BURLINGTON, Mass.–(BUSINESS WIRE)– Dyax Corp. (NASDAQ:DYAX) today announced that the U.S. Food and Drug Administration (FDA) granted Breakthrough Therapy designation for the investigation of DX-2930 for hereditary angioedema (HAE). Dyax is developing DX-2930, an investigational fully human monoclonal antibody inhibitor of plasma kallikrein (pKal), as a subcutaneous injection for prevention of HAE attacks.
Breakthrough Therapy designation is intended to expedite the development and review of potential new medicines with early signal of clinical benefit in serious or life-threatening conditions and helps ensure patients have access to them as soon as possible. Breakthrough Therapy designation is considered when preliminary clinical evidence indicates the drug may demonstrate substantial improvement over available therapy. The benefits of Breakthrough Therapy designation include organizational commitment involving the FDA’s senior managers and with more intensive guidance. Breakthrough Therapy designation does not change the standards for approval.
The designation is supported by the interim results of Dyax’s Phase 1b clinical trial of DX-2930 in HAE patients.
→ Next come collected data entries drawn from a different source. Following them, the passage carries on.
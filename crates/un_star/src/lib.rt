//! The star at a point: the topology there, of all features.
//!
//! # What is to be found
//!
//! The star at a point has an entry for each port that stands there, a terminal or a vertex, with all that a walk asks of it: above all the
//! links of its node. And it has the errors at the point. Both are defined over all features of the network; [`star::build`] finds them from
//! the ports at the point, the rows of these ports, and the associations of these rows.
//!
//! # How it is found
//!
//! First it takes down the ports at the point, each with its row, and what meets there ([`meet`]): the devices and junctions, and the vertices
//! of lines that may connect there (the ends). What is found for a port from its row is read from the row taken down here. Where there is
//! exactly one device or junction, the ends whose terminal it has are put into groups, one for each kind of line with its terminal; a group
//! remembers its first end, and whether it has more. So whether a rule joins an end with another one through the device or junction is asked
//! once for each group, and not once for each other end: a group of which the end itself is the only one doesn't count.
//!
//! Then each port has its links ([`links`]): at most two segments of its line; the paths from its terminal to each other one; its link with
//! what meets there, which is one for a vertex and one for each end that joins at the terminal for a device or junction; and those of the
//! permitted associations of its row. They are put in the order of their names. The rest of the entry comes from the
//! row, its associations and the controller on the port ([`entries`]).
//!
//! The errors ([`errors`]) are those of what meets at the point, and those of the associations of the rows there that are not permitted, at
//! whichever of their ends stands there. They are put in order, and each stands once.
//!
//! # Why that is enough
//!
//! A link of the network of which a node is an end is a segment or a path of the node's row, a link at the node's point, or one by an
//! association of the node's row, since ids of rows are distinct. What meets at the point has there the first port of a device or junction, or
//! the vertex's own port. An association has an error at the point only if one of its ends has a port there.
//!
//! # What it costs
//!
//! With n line ends and one device or junction at the point the number of steps grows as n log n: the row of each port is looked up once, each
//! end is grouped once and tested once for each terminal, and the links of a terminal are sorted. The number of groups is at most that of the
//! kinds of lines there with their terminals, and each end is compared with each group at most once for each terminal. The
//! associations of a port's row are looked up twice, for the entry and for the errors, and each of them is tested with the rows at its ends,
//! which are looked up for that. No list of all features is gone through.
#![tactic(auto)]

mod entries;
mod errors;
mod links;
mod meet;
mod order;
mod permit;
pub mod star;

pub use star::build;
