// No code: what holds of every network's record, and the theorems about one network.
#![tactic(auto)]
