fn run_pairs(rt: &impl Print) -> io::Result<()> {
    say(
        rt,
        "encoding example",
        is_encoding(
            b"\x01\x04UUID\x100123456789ABCDEF\x01\x073G_IMEI\x0EAABBBBBB-CC-DD\x01\x0Cethernet_mac\x06\x2A\x02\x03\xB3\xD5\x7C\x00",
        ),
    )?;
    say(rt, "sku", is_sku(b"\x01\x03SKU\x02A7\x00"))?;
    say(rt, "sku, listed", is_listed(b"\x01\x03SKU\x02A7\x00"))?;
    Ok(())
}

fn main(rt: HostRuntime) -> io::Result<()> {
    say(&rt, "check of 256 A", check_of_many())?;
    run_ends(&rt)?;
    let image = full_image();
    run_full(&rt, &image)?;
    run_pairs(&rt)?;
    run_edits(&rt, b"\x01\x03SKU\x02A7\x00")?;
    run_additions(
        &rt,
        b"\x01\x03SKU\x02A7\x00",
        b"\x01\x00\x00\x00\x00\x00\x00\x00\x03\x00\x00\x00\x03\x00\x00\x00\x02\x00\x00\x00",
        b"\x01\x00\x00\x00\x00\x00\x00\x00\x03\x00\x00\x00\x03\x00\x00\x00\x02\x00\x00",
    )?;
    run_removals(&rt, b"\x01\x03SKU\x02A7\x00", &image)?;
    run_writes(
        &rt,
        b"\x01\x00\x00\x00\x00\x00\x00\x00\x03\x00\x00\x00\x03\x00\x00\x00\x02\x00\x00\x00",
    )?;
    run_names(
        &rt,
        b"\x01\x08lab.rack\x02R2\x00",
        b"\x01\x00\x00\x00\x00\x00\x00\x00\x08\x00\x00\x00\x08\x00\x00\x00\x02\x00\x00\x00",
    )?;
    run_onie(
        &rt,
        b"TlvInfo\x00\x01\x00\x06\xFE\x04\xD4C\x1C\x18",
        b"TlvInfo\x00\x01\x00\x06\xFE\x04\xD4C\x1C",
        b"TlvInfo\x00\x01\x00%!\x03SW1$\x06\x00\x11\x223DU*\x02\x00\x08\xFD\x05\x00\x00\x1Fy\x00\xFD\x05\x00\x00\x1Fy\x01\xFE\x04cm\x83\xB7",
        b"\x23\x00\x00\x00\x00\x00\x00\x00\x00\x00\x00\x00\x00\x00\x00\x00\x02\x00\x00\x00",
    )?;
    run_amplifiers(
        &rt,
        b"TlvInfo\x00\x01\x00%\xFD\x1D\x00\x00\x1Fy\x00\x08DQ000MPW\x00\x09\x00\x00\x00\x00\x00\x00\x00\x00\x00\x02`QK\xFE\x04\xC4\xCA\xCB\xB7",
        b"TlvInfo\x00\x01\x00,\xFD\x1C\x00\x00\x1Fy\x00\x08DQ000MPW\x00\x09\x00\x00\x00\x00\x00\x00\x00\x00\x00\x02`Q\xFD\x06\x00\x00\x1Fy\x00K\xFE\x04\x0F\xAE\x02\xF5",
        b"TlvInfo\x00\x01\x00%\xFD\x1D\x00\x00\x1Fy\x00\x08DQ000MPW\x00\x09\x00\x00\x00\x00\x00\x00\x00\x00\x00\x02`QL\xFE\x04\xC1\x85\xDD2",
        b"TlvInfo\x00\x01\x00\x06\xFE\x04\xD4C\x1C\x18",
    )?;
    run_pool(&rt, b"\x56\x02\x0E\x10\x00\x01\x06AB\xC3D\xC5F\x2F")?;
    run_pool_changes(
        &rt,
        b"\x56\x02\x0E\x10\x00\x01\x06AB\xC3D\xC5F\x2F",
        b"\x11\x00\x00\x00\x00\x00\x00\x00\x00\x00\x00\x00\x00\x00\x00\x00\x01\x00\x00\x00",
    )?;
    run_room_changes(
        &rt,
        b"\x52\x4D\x01\x00\x00\x00\x00\x00",
        b"\x52\x4D\x01\x00\x00\x01\x00\x00\x00\x00\x00\x05\x02\x00\x00\x01\x00",
        b"\x52\x4D\x01\x00\x00\x01\x00\x00\x00\x00\x00\x09\x03\x00\x00\x04\x56\x02\x04\x6F",
        b"\x52\x4D\x01\x00\x00\x02\x00\x00\x00\x00\x00\x05\x02\x00\x00\x01\x00\x00\x00\x09\x03\x00\x00\x04\x00\x56\x02\x04\x6F",
    )?;
    run_room_refusals(
        &rt,
        b"\x52\x4D\x01\x00\x00\x00\x00\x00",
        b"\x52\x4D\x01\x00\x00\x01\x00\x00\x00\x00\x00\x05\x02\x00\x00\x01\x00",
        b"\x52\x4D\x01\x00\x00\x02\x00\x00\x00\x00\x00\x05\x02\x00\x00\x01\x00\x00\x00\x09\x03\x00\x00\x04\x00\x56\x02\x04\x6F",
        b"\x52\x4D\x01\x00\x00\x01\x00\x00\x00\x00\x00\x05\x09\x00\x00\x01\x00",
        b"\x52\x4D\x01\x00\x00\x02\x00\x00\x00\x00\x00\x09\x02\x00\x00\x01\x00\x00\x00\x05\x02\x00\x00\x01\x00\x00",
    )?;
    Ok(())
}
The Phase 1b study met all objectives assessing safety, tolerability and pharmacokinetics of multiple subcutaneous administrations of DX-2930. Additionally, in a pre-specified proof-of-concept efficacy analysis, DX-2930 demonstrated statistically significant reductions in attack rate compared to placebo.
“Receipt of Breakthrough Therapy designation is a key milestone for the DX-2930 development program,” said Burt Adelman, M.D., Executive Vice President of Research and Development and Chief Medical Officer at Dyax. “We look forward to taking full advantage of the opportunities that Breakthrough Therapy designation allows in order to maximize the possibility of a rapid path to approval.”